40.1. Checking ligand fit to a receptor
Grid may be used after a novel ligand has been designed and fitted to its receptor. The ligand-receptor system will probably have been modelled and relaxed by molecular mechanics. A Grid map is then prepared using a water Probe with close-spaced grid points (eg: NPLA=5). The whole ligand-receptor complex is the Target, but directives TOPX... BOTY are used to restrict the computations to the region near the ligand itself.
The Grid map is then searched for places at which water molecules have NOT been displaced by the ligand from the site. These remaining waters should all be making appropriate hydrogen-bonding contacts to the atoms of the ligand, or to the receptor, or to neighbouring water molecules. However, it often happens that water molecules could be trapped in hydrophobic regions between the ligand and receptor molecules, at places where they cannot make appropriate hydrogen bonds. It is not easy to detect this possibility without using Grid.
These trapped waters are unfavourable and tend to destabilise ligand binding. The design of the ligand molecule should therefore be modified, so that the unfavourably trapped water molecules will be displaced when the new modified ligand binds.
40.2. Organised water
The representation of water as a HETATM ' O2 ' is particularly appropriate when the displacement of bound and organised water is being studied. The Type of a water ' O2 ' is automatically adjusted by Programme GRIN, in order to take account of the hydrogen bonding interactions which the water is already making. The Types of the other Target atoms (ie: their JTYPE values) and the Types of the other ' O2 ' waters are also adjusted, so that a complete water shell can be constructed round the Target, in which all the hydrogen bonds will be mutually compatible.
40.3. The design of mutant proteins
Consider a Protein of known three-dimensional structure with a glutamate residue at a certain position in the sequence. It is decided that a mutant might be prepared, with a lysine instead of the glutamate. However the question arises: "what will be the conformation of the lysine side chain".
The following procedure can give some insight about the answers to this question. The two side chains are:
GLU: -CH2.CH2.COO with an anionic carboxy group and LYS: -CH2.CH2.CH2.CH2.NH3. with a cationic NH3+ group, |
and the first step when using Programme GRID is to model the glycine analogue; i.e. replace the -CH2.CH2.COO side chain of the glutamate residue with a hydrogen atom in the PDB file. This is straightforward, and the position of the hydrogen is uniquely defined.

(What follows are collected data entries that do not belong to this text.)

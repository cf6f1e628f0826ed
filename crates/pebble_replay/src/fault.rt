//! Why an order isn't played.

ghost use Rattle.std.specs.Prelude.{◌≡◌};
ghost use Rattle.pebble_replay.specs.declared.fault.ReplayFault.TheVariants.{Memory as WantOfMemory};

use pebble_game::Memory;
use std::alloc::{AllocError, AllocFailed};

/// Why an order isn't played.
#[derive(Clone, Copy, Debug, PartialEq, Eq)]
pub enum ReplayFault {
    /// This source of the instance comes after it in the order.
    OutOfOrder { vertex: u32, source: u32 },
    /// The instance needs so many red pebbles, more than there are.
    TooSmall { vertex: u32, need: u64 },
    /// There was no memory.
    Memory,
}

impl From<Memory> for ReplayFault {
    ghost from_gives = { λ _ e. e ≡ WantOfMemory };

    fn from(_error: Memory) -> ReplayFault {
        ReplayFault::Memory
    }
}

impl From<AllocError> for ReplayFault {
    ghost from_gives = { λ _ e. e ≡ WantOfMemory };

    fn from(_error: AllocError) -> ReplayFault {
        ReplayFault::Memory
    }
}

impl<T: Drop> From<AllocFailed<T>> for ReplayFault {
    ghost from_gives = { λ _ e. e ≡ WantOfMemory };

    fn from(_error: AllocFailed<T>) -> ReplayFault {
        ReplayFault::Memory
    }
}
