//! Replays.

ghost use Rattle.std.specs.Prelude.{◌≡◌, ◌⊎◌, ◌≤◌, None, Some, IfOk, IfErr, OnOk};
ghost use Rattle.iolb_model.specs.Game.{IsCompletePebbling, loads, stores};
ghost use Rattle.pebble_replay.specs.declared.fault.ReplayFault.TheVariants.{Memory as WantOfMemory};
ghost use Rattle.pebble_replay.specs.Order.{HoldsEachOnce, replay_fault};
ghost use Rattle.pebble_replay.specs.Played.{played, computes};

use crate::fault::ReplayFault;
use crate::played::Replay;
use crate::player::Player;
use pebble_game::Graph;
use std::alloc::Global;

/// Plays an order that holds each instance once, with `s` red pebbles, at least one. It is refused where a source comes after
/// its reader, over the whole order first, and then where an instance needs more red pebbles.
pub fn replay(alloc: Global, graph: &Graph, order: &[u32], s: u64) -> Result<Replay, ReplayFault>
    requires each { HoldsEachOnce graph.now order.now }
    requires some { 1 ≤ s }
    ensures moves { IfOk result (λ replay. replay.moves.items ≡ played graph.now s order.now) }
    ensures complete { IfOk result (λ replay. IsCompletePebbling graph.now s replay.moves.items) }
    ensures loads { IfOk result (λ replay. replay.loads ≡ loads replay.moves.items) }
    ensures stores { IfOk result (λ replay. replay.stores ≡ stores replay.moves.items) }
    ensures computes { IfOk result (λ replay. replay.computes ≡ computes replay.moves.items) }
    ensures ok { OnOk result (replay_fault graph.now s order.now ≡ None) }
    ensures err { IfErr result (λ fault. (fault ≡ WantOfMemory) ⊎ (replay_fault graph.now s order.now ≡ Some fault)) }
{
    let _instances = graph.instances();
    let mut player = Player::new(alloc, graph, order, s)?;
    let mut moves = Vec::new(alloc);
    while let Some(mut more) = player.step(alloc, graph, order)? {
        moves.append(&mut more)?;
    }
    let (loads, stores, computes) = player.totals();
    Ok(Replay {
        moves,
        loads,
        stores,
        computes,
    })
}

Two separate GRID runs are then made on the glycine mutant, using a -CH2- and an NH3+ Probe. The NH3+ map is used to decide where the end of the lysine side chain might bind favourably, and the -CH2- map is used to show how the methylene chain of the lysine might be arranged. The probable positions of the lysine side chain can then be modelled and compared. Finally a GRID map with a water Probe can be used in order to see if any water molecules would be trapped between the methylene chain and the adjoining surfaces of the main protein.